Subnet gateway IPs never respond to ping
The .1 address in each subnet (e.g., 10.0.1.1) is an Azure infrastructure address that never responds to ICMP. A common first debugging step is pinging the gateway to test connectivity — it will always time out even when everything is working. Always test peering by pinging a VM's private IP.
Bastion NSG rules must be inline
Defining Bastion NSG rules as separate child resources triggers a race condition — the compliance check at subnet attachment time may run before all rules are deployed. Rules inside securityRules: [...] on the NSG resource deploy atomically and pass the compliance check reliably every time.
Verify installation, don't trust exit codes
apt install can exit 0 while silently failing to download packages when there's no outbound internet access. The Standard LB SNAT issue was only discovered via systemctl status nginx — the install appeared successful. Always verify service state after package installation on a newly provisioned VM.

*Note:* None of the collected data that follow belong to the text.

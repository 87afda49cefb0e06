//! Where a printer finds the names of entries.
ghost use Rattle.std.specs.Prelude.{◌≡◌, ℕ, ◌<◌, ◌^◌, List, Option, length, nat_eq};
ghost use Rattle.std.specs.List.{list_any};

/// The names of the entries that a text speaks of.
pub trait Entries {
    /// The numbers of the names of the entries in scope.
    ghost in_scope: { Self → List ℕ };

    /// The name of the entry that has a number.
    ghost called: { Self → ℕ → Option ℕ };

    /// How many entries in scope have a name.
    fn count(&self) -> u32
        ensures { result ≡ length (in_scope self.now) };

    /// Whether an entry in scope has the name.
    fn has_name(&self, name: u32) -> bool
        ensures { result ≡ list_any (nat_eq name) (in_scope self.now) };

    /// The name of the entry that has the number.
    fn name_of(&self, number: u32) -> Option<u32>
        ensures { result ≡ called self.now number };
}
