//! Whether a variable is used.
ghost use Rattle.std.specs.Prelude.{◌≡◌};
ghost use Rattle.lego_term.specs.Trees.{uses_variable};

use lego_term::{Node, Term};

/// Whether the term uses the loose variable of an index.
pub(crate) fn uses_variable(term: &Term, index: u32) -> bool
    ensures { result ≡ uses_variable index term.now }
{
    if term.loose() <= index {
        return false;
    }
    match term.view() {
        Node::Var(other) => other == index,
        Node::Const(_) | Node::Prop | Node::Univ(_) => false,
        Node::Pi(_, a, b) | Node::Lam(_, a, b) | Node::Sigma(_, a, b) | Node::Local(_, a, b) => {
            uses_variable(a, index) || uses_variable(b, index + 1)
        }
        Node::App(_, m, n) => uses_variable(m, index) || uses_variable(n, index),
        Node::Pair(_, a, b, m, n) => {
            uses_variable(a, index)
                || uses_variable(b, index + 1)
                || uses_variable(m, index)
                || uses_variable(n, index)
        }
        Node::Fst(m) | Node::Snd(m) => uses_variable(m, index),
    }
}
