#[test]
fn each_refusal_has_its_cause_and_its_place(rt: HostRuntime) -> Result<(), Fail> {
    let cases: [(&[u8], &[u8]); 37] = [
        // Bytes that begin no token, and numerals.
        (b"[A-Prop];", b"refused 1:3 1 BadByte -"),
        (b"[\x0BA:Prop];", b"refused 1:2 1 BadByte \\x0B"),
        (b"[A\xC3:Prop];", b"refused 1:3 1 BadByte \\xC3"),
        (b"[x:Type(1000001)];", b"refused 1:9 4 BigLevel"),
        (b"Next 1000000;", b"refused 1:1 5 Unexpected Next"),
        // The first token after which no reading exists.
        (b";", b"refused 1:1 5 Unexpected ;"),
        (b"[A:Prop)];", b"refused 1:8 5 Unexpected )"),
        (b"[A:Prop]];", b"refused 1:9 5 Unexpected ]"),
        (b"[A:Prop;", b"refused 1:8 5 Unexpected ;"),
        (b"[A,:Prop];", b"refused 1:4 5 Unexpected :"),
        (b"[Prop:Prop];", b"refused 1:2 5 Unexpected Prop"),
        (b"[A:Prop->];", b"refused 1:10 5 Unexpected ]"),
        (b"Module M;", b"refused 1:1 5 Unexpected Module"),
        // Forms that are not built, at their first token.
        (b"[A|Prop];", b"refused 1:1 5 Unexpected ["),
        (b"[A:Prop][B|A];", b"refused 1:1 5 Unexpected ["),
        (b"[f:{x|Prop}x];", b"refused 1:1 5 Unexpected ["),
        (b"[f=[x|Prop]x];", b"refused 1:1 5 Unexpected ["),
        (b"(*x*)Hnf f|Prop;", b"refused 1:6 5 Unexpected Hnf"),
        (b"Goal Prop;", b"refused 1:1 5 Unexpected Goal"),
        (b"Explicit;", b"refused 1:1 5 Unexpected Explicit"),
        (b"Implicit;", b"refused 1:1 5 Unexpected Implicit"),
        (b"Discharge A;", b"refused 1:1 5 Unexpected Discharge"),
        // Names that no entry has: a type can't name what its own binding assumes.
        (b"[A:A];", b"refused 1:4 10 UnknownName A"),
        (b"[A,B:A];", b"refused 1:6 10 UnknownName A"),
        (b"[A:Prop][f:A->(B->C)];", b"refused 1:16 10 UnknownName B"),
        // Names in use: those of the bindings before, and of the same list.
        (b"[A,A:Prop];", b"refused 1:4 12 NameInUse A"),
        (b"[A:Prop][B,A:Prop];", b"refused 1:12 12 NameInUse A"),
        // Types that are none, at the `[` of their binding, with the names that it would see.
        (b"[A:Prop][a,b:A][x:b];", b"refused 1:16 13 NotAType b : A"),
        (
            b"[A:Prop][a:A][f:A->a->A];",
            b"refused 1:14 13 NotAType a : A",
        ),
        (
            b"[A:Prop][f:A->Prop->A][g:f];",
            b"refused 1:23 13 NotAType f : A->Prop->A",
        ),
        // Of two causes the lexer's goes first, then the grammar's, then those of the bindings,
        // one after the other: names in use, unknown names, types.
        (b"[A)@Prop];", b"refused 1:4 1 BadByte @"),
        (b"[A:Q)];", b"refused 1:5 5 Unexpected )"),
        (b"[x=Prop)];", b"refused 1:8 5 Unexpected )"),
        (b"[A:Q][x|A];", b"refused 1:1 5 Unexpected ["),
        (b"[A:Q][x=A];", b"refused 1:4 10 UnknownName Q"),
        (b"[A:Prop][A:Q];", b"refused 1:10 12 NameInUse A"),
        (b"[A:Q][A:Prop];", b"refused 1:4 10 UnknownName Q"),
    ];
    for number in 0..cases.len() {
        let (script, line) = cases[number];
        let got = ran(rt.alloc(), script, 4096)?;
        assert_eq!(rt; got.0, refused(rt.alloc(), line)?, "script {number}");
        assert_eq!(rt; got.1, Status::Refused, "script {number}");
    }
    Ok(())
}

404 is stronger than 403 for locked storage
When Azure Storage public access is disabled, it returns 404, not 403. A 403 Unauthorized tells an attacker the resource exists and they lack permission. A 404 reveals nothing. This is intentional Azure behavior — understanding the difference between "access denied" and "does not exist" matters when hardening PaaS services.